# Alert Patterns

## Contents

- [PagerDuty](#pagerduty)
- [Datadog](#datadog)
- [AWS CloudWatch](#aws-cloudwatch)
- [AWS SNS / EventBridge](#aws-sns--eventbridge)
- [Uptime Monitors](#uptime-monitors-better-uptime-uptime-robot-pingdom)
- [GitHub Actions](#github-actions)
- [Sentry / Error Trackers](#sentry--error-trackers)
- [Custom Webhooks / Generic Alerts](#custom-webhooks--generic-alerts)

---

How to parse alerts from common monitoring sources.
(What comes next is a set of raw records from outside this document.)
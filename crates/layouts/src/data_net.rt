ghost use Rattle.format.specs.Layout.{data_net};
ghost use Rattle.layouts.specs.Lies.{lie_data_net};

use super::{Form, Layout, Span, TableColumn, column};

// Data net: four points of three I7 (any sign).
#[derive(Clone, Copy)]
pub struct DataNet {}

impl DataNet {
    pub const X_1_WIDTH: usize = 7;

    pub const Y_1_WIDTH: usize = 7;

    pub const Z_1_WIDTH: usize = 7;

    pub const X_2_WIDTH: usize = 7;

    pub const Y_2_WIDTH: usize = 7;

    pub const Z_2_WIDTH: usize = 7;

    pub const X_3_WIDTH: usize = 7;

    pub const Y_3_WIDTH: usize = 7;

    pub const Z_3_WIDTH: usize = 7;

    pub const X_4_WIDTH: usize = 7;

    pub const Y_4_WIDTH: usize = 7;

    pub const Z_4_WIDTH: usize = 7;

    pub const X_1_START: usize = 0;

    pub const Y_1_START: usize = Self::X_1_START + Self::X_1_WIDTH;

    pub const Z_1_START: usize = Self::Y_1_START + Self::Y_1_WIDTH;

    pub const X_2_START: usize = Self::Z_1_START + Self::Z_1_WIDTH;

    pub const Y_2_START: usize = Self::X_2_START + Self::X_2_WIDTH;

    pub const Z_2_START: usize = Self::Y_2_START + Self::Y_2_WIDTH;

    pub const X_3_START: usize = Self::Z_2_START + Self::Z_2_WIDTH;

    pub const Y_3_START: usize = Self::X_3_START + Self::X_3_WIDTH;

    pub const Z_3_START: usize = Self::Y_3_START + Self::Y_3_WIDTH;

    pub const X_4_START: usize = Self::Z_3_START + Self::Z_3_WIDTH;

    pub const Y_4_START: usize = Self::X_4_START + Self::X_4_WIDTH;

    pub const Z_4_START: usize = Self::Y_4_START + Self::Y_4_WIDTH;

    pub const END: usize = Self::Z_4_START + Self::Z_4_WIDTH;
}

impl Layout for DataNet {
    ghost columns = { data_net };

    ghost lie = { lie_data_net };

    fn end() -> usize {
        Self::END
    }

    #[tactic(auto, unfolding(crate::specs::Tables::spans_of, format::specs::Layout::data_net))]
    fn spans() -> &'static [Span] {
        &[
            Span(Self::X_1_START, Self::X_1_WIDTH),
            Span(Self::Y_1_START, Self::Y_1_WIDTH),
            Span(Self::Z_1_START, Self::Z_1_WIDTH),
            Span(Self::X_2_START, Self::X_2_WIDTH),
            Span(Self::Y_2_START, Self::Y_2_WIDTH),
            Span(Self::Z_2_START, Self::Z_2_WIDTH),
            Span(Self::X_3_START, Self::X_3_WIDTH),
            Span(Self::Y_3_START, Self::Y_3_WIDTH),
            Span(Self::Z_3_START, Self::Z_3_WIDTH),
            Span(Self::X_4_START, Self::X_4_WIDTH),
            Span(Self::Y_4_START, Self::Y_4_WIDTH),
            Span(Self::Z_4_START, Self::Z_4_WIDTH),
        ]
    }

    fn table() -> &'static [TableColumn] {
        &[
            column!(Self::X_1_START, Self::X_1_WIDTH => Integer, -999999, 9999999),
            column!(Self::Y_1_START, Self::Y_1_WIDTH => Integer, -999999, 9999999),
            column!(Self::Z_1_START, Self::Z_1_WIDTH => Integer, -999999, 9999999),
            column!(Self::X_2_START, Self::X_2_WIDTH => Integer, -999999, 9999999),
            column!(Self::Y_2_START, Self::Y_2_WIDTH => Integer, -999999, 9999999),
            column!(Self::Z_2_START, Self::Z_2_WIDTH => Integer, -999999, 9999999),
            column!(Self::X_3_START, Self::X_3_WIDTH => Integer, -999999, 9999999),
            column!(Self::Y_3_START, Self::Y_3_WIDTH => Integer, -999999, 9999999),
            column!(Self::Z_3_START, Self::Z_3_WIDTH => Integer, -999999, 9999999),
            column!(Self::X_4_START, Self::X_4_WIDTH => Integer, -999999, 9999999),
            column!(Self::Y_4_START, Self::Y_4_WIDTH => Integer, -999999, 9999999),
            column!(Self::Z_4_START, Self::Z_4_WIDTH => Integer, -999999, 9999999),
        ]
    }
}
Extract key fields to feed into the triage framework.

## PagerDuty

**Signals:** messages containing `TRIGGERED`, `ACKNOWLEDGED`, `RESOLVED`

**Extract:**
- Service name (which service is affected)
- Severity/urgency (high, low)
- Description (what the monitor detected)
- Trigger time
- Incident URL (for details and timeline)

## Datadog

**Signals:** messages containing `Monitor Alert`, `Warn`, `Alert`, `Recovered`, `No Data`

**Extract:**
- Monitor name (identifies what's being checked)
- Status (Alert, Warn, OK, No Data)
- Tags (environment, service, region — usually in `key:value` format)
- Metric value and threshold (what triggered it)
- Graph/dashboard link

**Note:** `No Data` alerts often indicate the metric source itself is down (agent, service, network) — treat as potential downtime, not just a missing metric.

## AWS CloudWatch

**Signals:** messages containing `ALARM`, `OK`, `INSUFFICIENT_DATA`

**Extract:**
- Alarm name (usually follows a naming convention like `<env>-<service>-<metric>`)
- State (ALARM, OK, INSUFFICIENT_DATA)
- Metric name and namespace (e.g., `AWS/ECS CPUUtilization`)
- Threshold and current value
- Region and account (if multi-account)

**Common patterns:**
- `CPUUtilization > 80%` → resource exhaustion
- `HealthyHostCount < 1` → downtime
- `5XXError > threshold` → error spike
- `EstimatedCharges > budget` → cost alert (SEV-4)

## AWS SNS / EventBridge

**Signals:** JSON payloads via webhook or Slack integration

**Extract:**
- `Subject` or `Message` field for the alert summary
- `TopicArn` to identify the alert source
- Parse the JSON `Message` body for structured data (alarm details, state change)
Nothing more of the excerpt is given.